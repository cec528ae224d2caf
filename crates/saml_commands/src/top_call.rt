// What the program does with its words.

ghost use Rattle.std.specs.Prelude.{◌≡◌, ◌≢◌, ◌≤◌, ◌⊎◌, length, IfOk, IsSome, Some, Err};
ghost use Rattle.std.specs.Option.{option_map};
ghost use Rattle.xml_spec.specs.declared.TheConstants.{MAX_DOCUMENT_LENGTH};
ghost use Rattle.crash_disk.specs.Moments.{LeavesOnly};
ghost use Rattle.saml_outside.specs.Counts.{Rose};
ghost use Rattle.provider_run.specs.Runs.{outside};
ghost use Rattle.saml_commands.specs.Check.{rows_of, OfJudged};
ghost use Rattle.saml_commands.specs.Vouch.{OfVouch};
ghost use Rattle.sp_setup.specs.declared.limits.TheConstants.{GREATEST_KEY};
ghost use Rattle.sp_setup.specs.Views.{IsWithinBounds};
ghost use Rattle.saml_commands.specs.Reading.{OfFile};
ghost use Rattle.saml_commands.specs.Running.{Canon, Vouch, Check, command_of, Does, DoesCommand, Carries, CommandCarries, OfCommand, Answers, EndsWith, EndsAfter, Accepts, AcceptsServing, DoesServe, IsRunnableBy};
ghost use Rattle.saml_commands.specs.Serving.{Ran, RanLeaves, Unserved};
ghost use Rattle.saml_commands.specs.Answers.{BadFile};
ghost use Rattle.saml_commands.specs.Views.{command_view, HasMoment};

use crate::answer::Answer;
use crate::canon::canon;
use crate::check::check;
use crate::command::{Command, command_of};
use crate::limits::GREATEST_BODY;
use crate::records::run_records;
use crate::replay::{run_make, run_replay};
use crate::serve::run_provider;
use crate::status::Status;
use crate::vouch::vouch;
use crash_disk::Disk;
use event_link::{Clock, Link};
use saml_outside::{Files, NoMemory, ReadStop, Sink, Text, read_file};
use saml_time::LAST;
use sp_setup::{GREATEST_KEY, Purpose, SetUp, SetupFault, set_up};
use std::alloc::Global;
use xml_spec::MAX_DOCUMENT_LENGTH;

/// How a run ends where nothing is known of a file.
pub(crate) fn status_of(stop: ReadStop) -> Status
    ensures fault { result ≡ Status.ReadFault → stop ≡ ReadStop.ReadFault }
    ensures either { (result ≡ Status.ReadFault) ⊎ (result ≡ Status.NoMemory) }
{
    match stop {
        ReadStop::ReadFault => Status::ReadFault,
        ReadStop::NoMemory => Status::NoMemory,
    }
}

/// Prints that a file can't be used.
fn print_bad_file<K: Sink>(alloc: Global, file: &str, out: &mut K) -> Status
    ensures ends { EndsWith (λ answer. answer ≡ BadFile file.now 0) (K.taken out.old) (K.taken out.new) result }
    ensures no_read_fault { result ≢ Status.ReadFault }
    ensures write_fault { result ≡ Status.WriteFault → Rose (K.faults_of out.old) (K.faults_of out.new) }
    ensures never_falls { K.faults_of out.old ≤ K.faults_of out.new }
{
    match Answer::bad_file(alloc, file, 0) {
        Ok(answer) => answer.print(alloc, out),
        Err(NoMemory) => Status::NoMemory,
    }
}

/// Prints what `canon` answers, by what the files tell.
fn run_canon<F: Files, K: Sink>(
    alloc: Global,
    files: &mut F,
    out: &mut K,
    file: &str,
    id: Option<&str>,
) -> Status
    ensures ends { EndsWith (OfCommand (F.holds files.old) Unserved
        (Canon file.now (option_map (λ text. text.now) id.entry))) (K.taken out.old) (K.taken out.new) result }
    ensures same { F.holds files.new ≡ F.holds files.old }
    ensures read_fault { result ≡ Status.ReadFault → Rose (F.faults_of files.old) (F.faults_of files.new) }
    ensures write_fault { result ≡ Status.WriteFault → Rose (K.faults_of out.old) (K.faults_of out.new) }
    ensures files_never_fall { F.faults_of files.old ≤ F.faults_of files.new }
    ensures out_never_falls { K.faults_of out.old ≤ K.faults_of out.new }
{
    let found = match read_file(alloc, files, file, MAX_DOCUMENT_LENGTH as u64) {
        Ok(found) => found,
        Err(stop) => return status_of(stop),
    };
    match found {
        Some(bytes) => canon(alloc, &bytes, id, out),
        None => print_bad_file(alloc, file, out),
    }
}

/// What `vouch` answers for the bytes of the document, by what the files tell of the key.
fn answer_with_key<F: Files>(
    alloc: Global,
    files: &mut F,
    bytes: &[u8],
    id: &str,
    key_file: &str,
) -> Result<Answer, ReadStop>
    requires { length bytes.now ≤ MAX_DOCUMENT_LENGTH }
    ensures ok { IfOk result (λ answer. OfFile (OfVouch id.now key_file.now bytes.now) (F.holds files.old) key_file.now GREATEST_KEY answer) }
    ensures same { F.holds files.new ≡ F.holds files.old }
    ensures err { result ≡ Err ReadStop.ReadFault → Rose (F.faults_of files.old) (F.faults_of files.new) }
    ensures never_falls { F.faults_of files.old ≤ F.faults_of files.new }
{
    match read_file(alloc, files, key_file, GREATEST_KEY)? {
        Some(key) => Ok(vouch(alloc, bytes, id, key_file, &key)?),
        None => Ok(Answer::bad_file(alloc, key_file, 0)?),
    }
}

/// What `vouch` answers, by what the files tell.
fn answer_vouch<F: Files>(
    alloc: Global,
    files: &mut F,
    file: &str,
    id: &str,
    key_file: &str,
) -> Result<Answer, ReadStop>
    ensures ok { IfOk result (λ answer. OfCommand (F.holds files.old) Unserved (Vouch file.now id.now key_file.now) answer) }
    ensures same { F.holds files.new ≡ F.holds files.old }
    ensures err { result ≡ Err ReadStop.ReadFault → Rose (F.faults_of files.old) (F.faults_of files.new) }
    ensures never_falls { F.faults_of files.old ≤ F.faults_of files.new }
{
    match read_file(alloc, files, file, MAX_DOCUMENT_LENGTH as u64)? {
        Some(bytes) => answer_with_key(alloc, files, &bytes, id, key_file),
        None => Ok(Answer::bad_file(alloc, file, 0)?),
    }
}

/// Prints what `vouch` answers, by what the files tell.
fn run_vouch<F: Files, K: Sink>(
    alloc: Global,
    files: &mut F,
    out: &mut K,
    file: &str,
    id: &str,
    key_file: &str,
) -> Status
    ensures ends { EndsWith (OfCommand (F.holds files.old) Unserved (Vouch file.now id.now key_file.now)) (K.taken out.old) (K.taken out.new) result }
    ensures same { F.holds files.new ≡ F.holds files.old }
    ensures read_fault { result ≡ Status.ReadFault → Rose (F.faults_of files.old) (F.faults_of files.new) }
    ensures write_fault { result ≡ Status.WriteFault → Rose (K.faults_of out.old) (K.faults_of out.new) }
    ensures files_never_fall { F.faults_of files.old ≤ F.faults_of files.new }
    ensures out_never_falls { K.faults_of out.old ≤ K.faults_of out.new }
{
    match answer_vouch(alloc, files, file, id, key_file) {
        Ok(answer) => answer.print(alloc, out),
        Err(stop) => status_of(stop),
    }
}

/// What `check` answers for a provider that is set up, by what the files tell of the form.
fn answer_form<F: Files>(
    alloc: Global,
    files: &mut F,
    setup: SetUp,
    body: &str,
    now: u64,
) -> Result<Answer, ReadStop>
    requires now { now ≤ LAST }
    requires bounds { IsWithinBounds setup }
    ensures ok { IfOk result (λ answer.
        OfFile (OfJudged (rows_of setup.asked.items setup.opened.items) setup.config now)
        (F.holds files.old) body.now GREATEST_BODY answer) }
    ensures same { F.holds files.new ≡ F.holds files.old }
    ensures err { result ≡ Err ReadStop.ReadFault → Rose (F.faults_of files.old) (F.faults_of files.new) }
    ensures never_falls { F.faults_of files.old ≤ F.faults_of files.new }
{
    match read_file(alloc, files, body, GREATEST_BODY)? {
        Some(bytes) => Ok(check(alloc, setup, now, &bytes)?),
        None => Ok(Answer::bad_file(alloc, body, 0)?),
    }
}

*****

** Task details **
All lines in the data that contain the word "Some" should be copied.

** Answer section **
ghost use Rattle.std.specs.Prelude.{◌≡◌, ◌≢◌, ◌≤◌, ◌⊎◌, length, IfOk, IsSome, Some, Err};
        Some(bytes) => canon(alloc, &bytes, id, out),
        Some(key) => Ok(vouch(alloc, bytes, id, key_file, &key)?),
        Some(bytes) => answer_with_key(alloc, files, &bytes, id, key_file),
        Some(bytes) => Ok(check(alloc, setup, now, &bytes)?),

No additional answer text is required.